Suppose I have the following input FASTQ files:
$ ls -1 inputs/
CM0009619-ABB_L01_Read1_Sample_Library_XY102.fastq.gz
CM0009619-ABB_L01_Read1_Sample_Library_XY110.fastq.gz
CM0009619-ABB_L01_Read1_Sample_Library_XY84.fastq.gz
CM0009619-ABB_L01_Read2_Sample_Library_XY102.fastq.gz
CM0009619-ABB_L01_Read2_Sample_Library_XY110.fastq.gz
CM0009619-ABB_L01_Read2_Sample_Library_XY84.fastq.gz
CM0009619-ABB_L02_Read1_Sample_Library_XY84.fastq.gz
CM0009619-ABB_L02_Read1_Sample_Library_XY88.fastq.gz
CM0009619-ABB_L02_Read2_Sample_Library_XY84.fastq.gz
CM0009619-ABB_L02_Read2_Sample_Library_XY88.fastq.gz
There are three variables: the lane identifier (L0*), read identifier (Read*) and the sample identifier (XY*).
All samples have both Read1 and Read2. Most samples belong to just 1 lane, but they can belong to both. Therefore, the combination of {sample} and {lane} must be conditional.
I’m trying to figure this out using a simple test workflow but the solution has eluded me for many hours
SAMPLES={"XY84": (1, 2),
"XY88": 2,
"XY102": 1,
"XY110": 1
}
rule all:
input:
expand("inputs/CM0009619-ABB_L0{lane}_Read{read}_Sample_Library_{sample}.fastq.gz", sample=SAMPLES.keys(), read=[1,2], lane=SAMPLES[sample] )
rule copy_files:
input:
expand("inputs/CM0009619-ABB_L0{lane}_Read{read}_Sample_Library_{sample}.fastq.gz", sample=SAMPLES.keys(), read=[1,2], lane=SAMPLES[sample] )
output:
expand("outputs/CM0009619-ABB_L0{lane}_Read{read}_Sample_Library_{sample}.fastq.gz", sample=SAMPLES.keys(), read=[1,2], lane=SAMPLES[sample] )
shell:
"cp {input} {output}"
However I get the error:
$ snakemake --snakefile Snakefile --cores 1
NameError in line 11 of /path/to/smktests/Snakefile:
name 'sample' is not defined
File "/path/to/smktests/Snakefile", line 11, in <module>
Clearly I cannot use the sample value in the expansion function as the key to the SAMPLES dictionary when trying to get the appropriate lane value. However, simply using lane=[1,2]

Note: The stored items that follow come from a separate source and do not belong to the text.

use super::*;
use json_ordered::Doc;
use manifest_read::FieldFault;
use std::alloc::Global;
use std::test::*;

mod composer;
mod plans;
mod texts;
mod twelve;

fn document(alloc: Global, text: &str) -> Option<Doc> {
    json_ordered::read(alloc, text.as_bytes()).ok()
}

/// The lock of a text, if it is one.
fn lock_in(alloc: Global, text: &str) -> Option<Lock> {
    match document(alloc, text) {
        Some(doc) => from_doc(alloc, &doc).ok(),
        None => None,
    }
}

/// What a text says is installed, if it says so.
fn installed_in(alloc: Global, text: &str) -> Option<Installed> {
    match document(alloc, text) {
        Some(doc) => installed_from_doc(alloc, &doc).ok(),
        None => None,
    }
}

fn lock_fault(alloc: Global, text: &str) -> Option<FieldFault> {
    match document(alloc, text) {
        Some(doc) => from_doc(alloc, &doc).err(),
        None => None,
    }
}

fn installed_fault(alloc: Global, text: &str) -> Option<FieldFault> {
    match document(alloc, text) {
        Some(doc) => installed_from_doc(alloc, &doc).err(),
        None => None,
    }
}

fn is_bad(fault: Option<FieldFault>, place: &str) -> bool {
    match fault {
        Some(FieldFault::BadField(pointer)) => pointer.as_slice() == place.as_bytes(),
        _ => false,
    }
}

fn is_not_offered(fault: Option<FieldFault>, place: &str) -> bool {
    match fault {
        Some(FieldFault::NotOffered(pointer)) => pointer.as_slice() == place.as_bytes(),
        _ => false,
    }
}

fn is_reserved(fault: Option<FieldFault>, reserved: &str) -> bool {
    match fault {
        Some(FieldFault::ReservedName(name)) => name.as_slice() == reserved.as_bytes(),
        _ => false,
    }
}

/// Locks.
const READ: [&str; 16] = [
    "{\"content-hash\":\"h\",\"packages\":[],\"packages-dev\":[]}",
    "{\"content-hash\":\"h\",\"packages\":[],\"packages-dev\":[],\"aliases\":[],\"minimum-stability\":\"rc\",\"stability-flags\":[],\"prefer-stable\":false,\"platform\":[],\"platform-dev\":[]}",
    "{\"content-hash\":\"h\",\"packages\":[],\"packages-dev\":[],\"stability-flags\":{},\"platform\":{},\"platform-dev\":{}}",
    "{\"content-hash\":\"h\",\"packages\":[],\"packages-dev\":[],\"stability-flags\":{\"a/b\":0,\"a/c\":5,\"php\":10,\"any name\":15,\"\":20}}",
    "{\"content-hash\":\"h\",\"packages\":[],\"packages-dev\":[],\"platform\":{\"php\":\">=8.1\",\"any name\":\"any text\"},\"platform-dev\":{\"ext-x\":\"\"}}",
    "{\"content-hash\":\"h\",\"packages\":[],\"packages-dev\":[],\"prefer-lowest\":1,\"plugin-api-version\":{},\"_readme\":null,\"more\":[1]}",
    "{\"content-hash\":\"h\",\"packages\":[{\"name\":\"a/b\",\"version\":\"1.0\",\"dist\":{\"type\":\"path\",\"url\":\"p\"}}],\"packages-dev\":[]}",
    "{\"content-hash\":\"h\",\"packages\":[],\"packages-dev\":[{\"name\":\"a/b\",\"version\":\"1.0\",\"dist\":{\"type\":\"path\",\"url\":\"p\"}}]}",
    "{\"content-hash\":\"h\",\"packages\":[{\"name\":\"a/b\",\"version\":\"1.0\",\"dist\":{\"type\":\"path\",\"url\":\"p\"}}],\"packages-dev\":[{\"name\":\"a/c\",\"version\":\"1.0\",\"dist\":{\"type\":\"path\",\"url\":\"p\"}}]}",
    "{\"content-hash\":\"h\",\"packages\":[{\"name\":\"a/b\",\"version\":\"1.0\",\"dist\":{\"type\":\"path\",\"url\":\"p\"}},{\"name\":\"a/c\",\"version\":\"1.0\",\"dist\":{\"type\":\"path\",\"url\":\"p\"}}],\"packages-dev\":[{\"name\":\"a/d\",\"version\":\"1.0\",\"dist\":{\"type\":\"path\",\"url\":\"p\"}}]}",
    "{\"content-hash\":\"h\",\"packages\":[{\"name\":\"a/b\",\"version\":\"1.0\",\"dist\":{\"type\":\"path\",\"url\":\"\",\"reference\":\"r\"}}],\"packages-dev\":[]}",
    "{\"content-hash\":\"h\",\"packages\":[{\"name\":\"a/b\",\"version\":\"1.0\",\"dist\":{\"type\":\"path\",\"url\":\"../../x/./y/../z\",\"reference\":\"\"}}],\"packages-dev\":[]}",
    "{\"content-hash\":\"h\",\"packages\":[{\"name\":\"a/b\",\"version\":\"1.0\",\"dist\":{\"type\":\"path\",\"url\":\"vendor/p\"}}],\"packages-dev\":[]}",
    "{\"content-hash\":\"h\",\"packages\":[{\"name\":\"a/b\",\"version\":\"1.0\",\"dist\":{\"type\":\"path\",\"url\":\"p\"},\"require\":{\"php\":\">=8\"},\"conflict\":[],\"replace\":{\"x/y\":\"self.version\"},\"provide\":{\"x/z\":\"1\"},\"type\":\"t\",\"autoload\":{\"psr-4\":{\"A\\\\\":\"src\"}}}],\"packages-dev\":[]}",
    "{\"content-hash\":\"h\",\"packages\":[{\"name\":\"a/b\",\"version\":\"1.0\",\"dist\":{\"type\":\"path\",\"url\":\"p\"},\"description\":1,\"source\":2,\"require-dev\":3,\"transport-options\":[]}],\"packages-dev\":[]}",
    "{\"content-hash\":\"h\",\"packages\":[{\"name\":\"composer/installed.php\",\"version\":\"1.0\",\"dist\":{\"type\":\"path\",\"url\":\"p\"}}],\"packages-dev\":[]}",
];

also does not work because this generates some invalid combinations.
Is there a simple way to have the lane value depend on the sample value? Is Snakemake inappropriate for this scenario?
I’m using v5.26.1 of Snakemake but could consider a more recent version if it gets me to a solution.